Interesting (not really!) that none of the corpuses (BNC, COCA, COHA) record anyone saying (or writing) "it's time I were".


----------



## panjandrum

Thomas Veil said:


> That would be my preference.  But between "It's time I was in bed" and "It's time I were in bed", I prefer the latter.  And I'm American.
> ...


Interesting.

Regardless of the opinions of the theoreticians on this point, the normal BE form is "It's time I was in bed."
I don't believe I have ever heard "It's time I were ..." or "It's time he were...".
___________________________________



e2efour said:


> Interesting (not really!) that none of the corpuses (BNC, COCA|, COHA) record anyone saying (or writing) "it's time I were".


Almost likewise for "it's time he were".
I found one, in COHA, dated 1894.
 Well, then, my good fellow, *it**'s* *time* *he* *were* up.
I found one of "it's time she were" in COHA, dated 1996.
 *It**'s* *time* *she* *were* wed, she thought.

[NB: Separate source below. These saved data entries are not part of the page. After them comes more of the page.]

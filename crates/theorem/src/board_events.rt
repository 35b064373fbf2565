//! A board beside the model board over which every order of its harts is explored: what happens to it is such an event.
//! A law runs nothing, and tells the prover a fact: `hart::step_keeps_number`.
ghost use Rattle.std.specs.Prelude.{◌≡◌, ◌<◌, ℕ, List, None, Some, IfOk, OnOk, length};
ghost use Rattle.board_model.specs.Durable.{Change};
ghost use Rattle.disk.specs.Facts.{LeavesSince};
ghost use Rattle.store.specs.Leaves.{IsIdle, Leaves, LeavesOnly};
ghost use Rattle.store.specs.Views.{disk_of, size_of_store, life_of, found_state, now_state, doubt_of};
ghost use Rattle.board.specs.Boots.{payload_at};
ghost use Rattle.board.specs.Views.{store_of, machine_of};
ghost use Rattle.model_board.specs.Boards.{Off};
ghost use Rattle.model_board.specs.Events.{Event, PowerOn, Wake, Does};
ghost use Rattle.theorem.specs.Models.{IsLeftBy, IsOfBoard, IsTurnOf, kept_of, rule_by, shown_after, shown_on};

use board::{Board, Payloads, Unpowered};
use board_model::{BootMode, HartId, Refusal};
use crew::Crew;
use disk::Disk;
use sbi::Word;
use std::alloc::Global;

/// *Each turn of a board is an event of the model board*: the turn of that hart, or where the store refuses the sleep or the reset
/// that it asks for, that refusal. The model's board before it is this board's machine, with what stands on the disk; the one
/// after it is too.
pub fn a_turn_is_an_event<D: Disk + Drop, C: Crew>(
    alloc: Global,
    board: &mut Board<D>,
    crew: &C,
    hart: HartId,
) -> Word
    requires board { IsOfBoard (size_of_store (store_of board.old)) (machine_of board.old) }
    requires hart { hart < length (machine_of board.old).harts }
    ensures event { (payload : List ℕ) → (e : Event) × IsTurnOf hart e
        × Does payload (size_of_store (store_of board.old)) e
        (shown_on (machine_of board.old) (life_of (store_of board.old)))
        (shown_after result (machine_of board.new) (life_of (store_of board.new))) }
    // Where no command is in doubt, and a crash just before it leaves the state then alone: what a crash leaves at any moment of the
    // turn, within a call of the disk too.
    ensures cuts { doubt_of (store_of board.old) ≡ None
        → LeavesOnly (disk_of (store_of board.old)) (size_of_store (store_of board.old)) (now_state (store_of board.old))
        → LeavesSince (disk_of (store_of board.old)) (disk_of (store_of board.new)) (IsLeftBy (machine_of board.old) (store_of board.old)) }
    // And after it again the state then alone, unless its command is in doubt now.
    ensures sure { doubt_of (store_of board.old) ≡ None → doubt_of (store_of board.new) ≡ None
        → LeavesOnly (disk_of (store_of board.old)) (size_of_store (store_of board.old)) (now_state (store_of board.old))
        → LeavesOnly (disk_of (store_of board.new)) (size_of_store (store_of board.new)) (now_state (store_of board.new)) }
    // With a command in doubt nothing goes to the disk: what a crash leaves is what one left within the turn that asked for that command.
    ensures down { (c : Change) → doubt_of (store_of board.old) ≡ Some c → store_of board.new ≡ store_of board.old }
    ensures board { IsOfBoard (size_of_store (store_of board.new)) (machine_of board.new) }
{
    hart::step_keeps_number();
    board.turn(alloc, crew, hart)
}

/// *Each power-on by the operator's rule is an event of the model board*, resume where an image stands and else fresh: of a model board
/// that is off, with what the state that the open found keeps, which a crash could have left. Then no command is in doubt, and a crash
/// leaves the state then alone.
pub fn a_power_on_is_an_event<D: Disk + Drop>(
    alloc: Global,
    disk: D,
    mode: BootMode,
    payloads: &Payloads,
) -> Result<Board<D>, Unpowered<D>>
    requires { IsIdle (D.facts disk) }
    ensures event { IfOk result (λ board. mode ≡ rule_by (found_state (store_of board)).image
        → Does (payload_at payloads.now (now_state (store_of board)).slot) (size_of_store (store_of board)) PowerOn
        (Off (kept_of (found_state (store_of board)))) (shown_on (machine_of board) (life_of (store_of board)))) }
    ensures found { IfOk result (λ board. Leaves (D.facts disk) (size_of_store (store_of board)) (found_state (store_of board))) }
    ensures sure { IfOk result (λ board. (doubt_of (store_of board) ≡ None)
        × LeavesOnly (disk_of (store_of board)) (size_of_store (store_of board)) (now_state (store_of board))) }
    ensures board { IfOk result (λ board. IsOfBoard (size_of_store (store_of board)) (machine_of board)) }
{
    Board::power_on(alloc, disk, mode, payloads)
}

/// *A wake of a board that dozes is an event of the model board.*
pub fn a_wake_is_an_event<D: Disk + Drop>(board: &mut Board<D>) -> Result<(), Refusal>
    ensures event { OnOk result ((payload : List ℕ) → Does payload (size_of_store (store_of board.old)) Wake
        (shown_on (machine_of board.old) (life_of (store_of board.old)))
        (shown_on (machine_of board.new) (life_of (store_of board.new)))) }
{
    board.wake()
}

_________________________________________


Let's do the high-risk Google check 
"It's time I were" ... ... 23 results.
"It's time he were" ... ... 18 results.
"It's time she were" ... ... 5 results.

I think I am convinced that this form is not naturally used in any variety of English.


----------



## newname

My favourite grammar book, A Practical English Grammar 4th by A J Thompson and A V Martinet reads

It's time subject + past subjunctive
But
It is time + I/he/she/it CANNOT be followed by *were*
 It's time I was going
 It's time I were going


----------



## sergio11

newname said:


> My favourite grammar book, A Practical English Grammar 4th by A J Thompson and A V Martinet reads
> 
> It's time subject + past subjunctive
> But
> It is time + I/he/she/it CANNOT be followed by *were*
> It's time I was going
> It's time I were going


This shows that the rule is to use the past subjunctive, and that the verb to be is a special case.  You cannot make a general rule based on one irregular case. 

The confusion stems from the fact that, in English, the past subjunctive and the past indicative have identical morphologies, and people think they are using one when they are using the other. 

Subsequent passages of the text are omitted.